The governor did not note that lawmakers did actually work this past weekend, because ... (continued on jump)

--Michael Rothfeld

Photo: Associated Press

 

... the deadline to pass most bills was Sunday night. And Schwarzenegger, normally not an advocate of hanging around Sacramento all the time, has himself been flying home to Los Angeles in his private jet at night to see his family. But he presumably meant the legislators should stay at work during the daytime. In any case, his rant prompted a strong ovation from the locals.

Schwarzenegger went on to suggest the legislators are gluttonous for taking their $1,000-a-week living stipend -- tax-free -- while “you guys have to suffer here.... So I think it is unfair.”

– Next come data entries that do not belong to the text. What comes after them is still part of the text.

//! What is wrong with a layer as a whole.

ghost use Rattle.std.specs.Prelude.{◌≡◌, ◌==◌, ◌^◌, ◌<◌, ℕ, if◌then◌else◌, option_map, Some, None};
ghost use Rattle.std.specs.Prelude.{count_by, slice_index, length};
ghost use Rattle.gix_chunk_core.specs.FirstFault.{first_below};
ghost use Rattle.gix_hash_core.specs.Hexadecimal.{spells_id};
ghost use Rattle.gix_hash_core.specs.Oid.{oid_bytes};
ghost use Rattle.graph_format.specs.NameRule.{is_name, name_of, is_chain_name, hash_text};
ghost use Rattle.graph_format.specs.NameRule.{is_named_right};
ghost use Rattle.graph_format.specs.Faults.{wrong_fan, layer_fault};

use crate::file::{File, Position};
use gix_hash_core::{ObjectId, oid};
use graph_format::fault::LayerFault;

impl File {
    /// The first thing that is wrong with the layer as a whole: its checksum ("TRAILER"), the name
    /// of its file ("Commit-Graphs Chains" of Git's commit-graph design), or its fan ("OID
    /// Fanout").
    pub(crate) fn layer_fault(&self) -> Option<LayerFault>
        ensures { result ≡ layer_fault self.now }
    {
        if self.verify_checksum().is_err() {
            return Some(LayerFault::Checksum);
        }
        if !self.is_named_right() {
            return Some(LayerFault::FileName);
        }
        self.wrong_byte().map(|byte| LayerFault::Fan { byte })
    }

    /// Whether the file is named after its checksum, if it is named as a layer of a chain.
    fn is_named_right(&self) -> bool
        ensures { result ≡ is_named_right self.now.path self.now.checksum }
    {
        match file_name(self.path()).and_then(hash_text) {
            Some(text) => spells(text, self.checksum()),
            None => true,
        }
    }

    /// The least byte for which the fan does not have the number of ids whose first byte is at most
    /// that.
    fn wrong_byte(&self) -> Option<u8>
        ensures { option_map LayerFault.Fan result ≡ first_below (wrong_fan self.now) 256 }
    {
        let mut ids = 0;
        for (byte, count) in self.first_bytes().iter().enumerate() {
            ids += *count;
            if self.fan_number(byte as u8) != ids {
                return Some(byte as u8);
            }
        }
        None
    }

    /// How many ids have each first byte. The ids may stand in any order.
    fn first_bytes(&self) -> [u32; 256]
        ensures counts { (byte : ℕ) → byte < 256 → slice_index result byte
            ≡ count_by (λ id. slice_index id 0 == byte) self.now.ids }
        ensures few { length self.now.ids < 2 ^ 32 }
    {
        let mut counts = [0; 256];
        for pos in 0..self.num_commits() {
            counts[self.id_at(Position(pos)).first_byte() as usize] += 1;
        }
        counts
    }
}

/// Whether a part of a path between slashes is a name.
fn is_name(part: &str) -> bool
    ensures { result ≡ is_name part.now }
{
    !part.is_empty() && part != "."
}

/// The last name in a path.
fn file_name(path: &str) -> Option<&str>
    ensures { option_map (λ name. name.now) result ≡ name_of path.now }
{
    path.split('/').filter(|part| is_name(part)).last()
}

/// The text between `graph-` and `.graph` in a name that has both.
fn hash_text(name: &str) -> Option<&str>
    ensures { option_map (λ text. text.now) result
        ≡ (if is_chain_name name.now then Some (hash_text name.now) else None) }
{
    name.strip_prefix("graph-")?.strip_suffix(".graph")
}

/// Whether a text spells an id, with digits of either case.
fn spells(text: &str, id: oid<'_>) -> bool
    ensures { result ≡ spells_id text.now (oid_bytes id.entry) }
{
    match ObjectId::from_hex(text.as_bytes()) {
        Ok(spelled) => spelled.as_oid() == id,
        Err(_) => false,
    }
}
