//! Opening: whether bytes have the written format, and what a layer keeps of them.

ghost use Rattle.std.specs.Prelude.{◌≡◌, string_bytes, None, IfErr, IfOk, MatchResult};
ghost use Rattle.graph_format.specs.Layer.{IsLayer};
ghost use Rattle.graph_format.specs.Layout.{IsLayout};
ghost use Rattle.graph_format.specs.Opened.{MayRefuse};
ghost use Rattle.graph_format.specs.Refusal.{refusal};

use crate::file::{File, Shared};
use bytes::Bytes;
use graph_format::error::FileError;
use graph_format::layout::{Layout, layout_of};
use graph_format::records::decode_records_and_edges;
use std::alloc::{AllocError, Global};
use std::sync::Arc;

impl File {
    /// Opens the layer whose file has these bytes. The path is kept and not opened.
    ///
    /// It is `Ok` for exactly the bytes that have Git's commit-graph format, version 1, memory
    /// permitting. Otherwise the error is the first of its kinds, in their order, whose rule the
    /// bytes break; it drops the bytes and the path. Memory is asked for only where the bytes break
    /// none of the rules, so damaged bytes are never answered with `OutOfMemory`.
    #[tactic(auto, using(graph_format::proofs::AcceptedFileLemmas::accepted_laws))]
    pub fn new(alloc: Global, bytes: Vec<u8>, path: String) -> Result<File, FileError>
        ensures layer { IfOk result (IsLayer bytes.items (string_bytes path)) }
        ensures refusal { MatchResult result (λ _. refusal bytes.items ≡ None)
            (MayRefuse bytes.items) }
    {
        let layout = layout_of(&bytes)?;
        let Ok(bytes) = Bytes::from_vec(bytes) else {
            return Err(FileError::OutOfMemory);
        };
        File::decoded(alloc, bytes, path, layout)
    }

    /// Opens the layer whose file has these bytes, as [`File::new`] does, and answers as it does.
    /// The bytes are lent for ever: they stay where they are, and none is copied.
    #[tactic(auto, using(graph_format::proofs::AcceptedFileLemmas::accepted_laws))]
    pub fn from_static(alloc: Global, bytes: &'static [u8], path: String) -> Result<File, FileError>
        ensures layer { IfOk result (IsLayer bytes.now (string_bytes path)) }
        ensures refusal { MatchResult result (λ _. refusal bytes.now ≡ None)
            (MayRefuse bytes.now) }
    {
        let layout = layout_of(bytes)?;
        File::decoded(alloc, Bytes::from_static(bytes), path, layout)
    }

    /// The layer of bytes that have this layout. The only error is `OutOfMemory`.
    #[tactic(auto, using(graph_format::proofs::AcceptedFileLemmas::accepted_laws))]
    fn decoded(alloc: Global, bytes: Bytes, path: String, layout: Layout) -> Result<File, FileError>
        requires { IsLayout bytes layout }
        ensures layer { IfOk result (IsLayer bytes (string_bytes path)) }
        ensures refused { IfErr result (λ error. error ≡ FileError.OutOfMemory) }
    {
        let Ok((records, extra_edges)) = decode_records_and_edges(alloc, bytes.as_slice(), &layout)
        else {
            return Err(FileError::OutOfMemory);
        };
        let shared = Shared {
            bytes,
            path,
            layout,
            records,
            extra_edges,
        };
        match Arc::new(alloc, shared) {
            Ok(shared) => Ok(File { shared }),
            Err(_) => Err(FileError::OutOfMemory),
        }
    }

    /// The same layer once more, which shares all that this one keeps.
    pub(crate) fn share(&self) -> Result<File, AllocError>
        ensures { IfOk result (λ file. file ≡ self.now) }
    {
        Ok(File {
            shared: Arc::try_clone(&self.shared)?,
        })
    }
}
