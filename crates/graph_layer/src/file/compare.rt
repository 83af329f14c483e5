//! How ids compare.

ghost use Rattle.std.specs.Prelude.{◌≡◌, ◌≤◌, length};
ghost use Rattle.std.specs.Ordering.{nat_cmp};
ghost use Rattle.std.specs.Cmp.Lexicographic.{slice_cmp};

use graph_format::integers::long_at;
use std::cmp::Ordering;

/// How two ids compare. Eight bytes at a time are compared as numbers, of which the first hardly
/// ever agree. The last eight bytes may overlap those before.
#[inline(always)]
pub fn compare_ids(one: &[u8], other: &[u8]) -> Ordering
    requires one { 8 ≤ length one.now }
    requires same { length one.now ≡ length other.now }
    ensures { result ≡ slice_cmp nat_cmp one.now other.now }
{
    let (first, second) = (long_at(one, 0), long_at(other, 0));
    if first < second {
        return Ordering::Less;
    }
    if second < first {
        return Ordering::Greater;
    }
    let last = one.len() - 8;
    let mut at = 8;
    while at < last {
        let found = long_at(one, at).cmp(&long_at(other, at));
        if found.is_ne() {
            return found;
        }
        at += 8;
    }
    long_at(one, last).cmp(&long_at(other, last))
}
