//! Lookup of an id by the fan.

ghost use Rattle.std.specs.Prelude.{◌≡◌, ℕ, ◌-◌, ◌<◌, ◌≤◌, length, slice_index, slice_get, Some};
ghost use Rattle.std.specs.Prelude.{OnSome};
ghost use Rattle.gix_hash_core.specs.Kind.{id_len};
ghost use Rattle.gix_hash_core.specs.Oid.{oid_bytes};
ghost use Rattle.graph_format.specs.Lookup.{Found, file_position_number, bucket_start, bucket_size};
ghost use Rattle.graph_format.specs.Lookup.{digits};

use crate::file::compare::compare_ids;
use crate::file::{File, Position};
use gix_hash_core::{Kind, oid};
use graph_format::fan::fan_at;
use std::cmp::Ordering;

#[tactic(auto, using(crate::proofs::BucketLemmas::bucket_laws))]
impl File {
    /// The position of an id. The first byte of the id names the positions that are searched: from
    /// the number that the fan has at the byte before it, 0 for the byte 0, up to but not including
    /// the number that it has at the byte.
    ///
    /// A position that is answered always holds the id. Where the ids strictly ascend and the fan
    /// is exact, the answer is `None` only for an id that is not in the layer. Opening checks
    /// neither, so in a damaged file an id that is there may be missed, and it is left open which
    /// of several equal ids is found. See "OID Fanout" and "OID Lookup" of Git's commit-graph
    /// format.
    pub fn lookup(&self, id: oid<'_>) -> Option<Position>
        ensures { Found self.now (oid_bytes id.entry) (file_position_number result) }
    {
        self.lookup_counted(id).0
    }

    /// An answer as `lookup` gives it, and how many times the id was compared with an id of
    /// the file. One comparison has one of three outcomes: less, equal or greater. An id of another
    /// kind is compared with none.
    pub fn lookup_counted(&self, id: oid<'_>) -> (Option<Position>, u32)
        ensures found { Found self.now (oid_bytes id.entry) (file_position_number result.0) }

        // At most as many comparisons as the size of the id's bucket has binary digits.
        ensures most { result.1 ≤ digits
            (bucket_size self.now.fan (slice_index (oid_bytes id.entry) 0)) }
        ensures least { OnSome result.0 (1 ≤ result.1) }
    {
        match id.kind() {
            Kind::Sha1 => self.lookup_of_kind(id, Kind::Sha1),
            Kind::Sha256 => self.lookup_of_kind(id, Kind::Sha256),
        }
    }

    /// The answer of `lookup_counted` for an id of this kind. It is compiled into its callers:
    /// where these name the kind, the number of an id's bytes is a constant.
    #[inline(always)]
    pub(crate) fn lookup_of_kind(&self, id: oid<'_>, kind: Kind) -> (Option<Position>, u32)
        requires { length (oid_bytes id) ≡ id_len kind }
        ensures found { Found self.now (oid_bytes id.entry) (file_position_number result.0) }
        ensures most { result.1 ≤ digits
            (bucket_size self.now.fan (slice_index (oid_bytes id.entry) 0)) }
        ensures least { OnSome result.0 (1 ≤ result.1) }
    {
        let wanted = id.as_bytes();
        let size = kind.len_in_bytes();
        let mut comparisons = 0;
        let shared = self.shared();
        if shared.layout.kind.len_in_bytes() != size {
            return (None, comparisons);
        }
        let bytes = shared.bytes.as_slice();
        let ids = shared.layout.chunks.ids.start;
        let (low, high) = self.bucket(wanted[0]);
        // So many ids are left, the first of which begins at `first`. Before the middle one there
        // are `left / 2`, and after it `(left - 1) / 2`.
        let mut left = (high - low) as usize;
        let mut first = ids + size * low as usize;
        while left > 0 {
            let middle = first + size * (left / 2);
            let other = &bytes[middle..middle + size];
            comparisons += 1;
            match compare_ids(wanted, other) {
                Ordering::Less => {}
                Ordering::Equal => {
                    let pos = (middle - ids) / size;
                    return (Some(Position(pos as u32)), comparisons);
                }
                Ordering::Greater => {
                    first = middle + size;
                    left -= 1;
                }
            }
            left /= 2;
        }
        (None, comparisons)
    }

    /// The first position of the bucket of a byte, and the first past it.
    fn bucket(&self, byte: u8) -> (u32, u32)
        ensures start { result.0 ≡ bucket_start self.now.fan byte }
        ensures end { result.1 ≡ slice_index self.now.fan byte }
        ensures order { result.0 ≤ result.1 }
        ensures within { result.1 ≤ length self.now.ids }
    {
        let end = self.fan_number(byte);
        if byte == 0 {
            (0, end)
        } else {
            (self.fan_number(byte - 1), end)
        }
    }

    /// The number that the fan has at a byte.
    pub(super) fn fan_number(&self, byte: u8) -> u32
        ensures number { result ≡ slice_index self.now.fan byte }
        ensures rises { 0 < byte → slice_index self.now.fan (byte - 1) ≤ result }
        ensures within { result ≤ length self.now.ids }
    {
        let shared = self.shared();
        fan_at(
            shared.bytes.as_slice(),
            shared.layout.chunks.fan,
            byte as usize,
        )
    }

    /// The bytes of the id at a position, where ids have so many bytes.
    pub(super) fn id_bytes_at(&self, pos: u32, size: usize) -> &[u8]
        requires within { pos < length self.now.ids }
        requires size { size ≡ id_len self.now.kind }
        ensures id { slice_get self.now.ids pos ≡ Some result.now }
        ensures len { length result.now ≡ size }
    {
        let bytes = self.shared.bytes.as_slice();
        let start = self.shared.layout.chunks.ids.start + size * pos as usize;
        &bytes[start..start + size]
    }
}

In an odd moment, the European-born governor appeared somewhat frustrated that he can’t make the trains run on time without permission from lawmakers.

“We don’t have a dictatorship,” he said. “We don’t have a system in place where the governor says, ‘This is the way it's done -- You’re going to stay in your office and you’re going to do the budget.’”

But then, realizing how that sounded, he quickly added, to laughter, “May I remind you, thank God we don’t have a dictatorship because when I grew up in Austria we were surrounded by dictatorships so I left because of that. But I just want people to understand the governor does not have the power to make the legislators do the work.”

He said people can “have the power” by calling up lawmakers and, in effect, threatening to punish them: “Look the election is coming up ... so you are on the line here. Get to work and get this done.”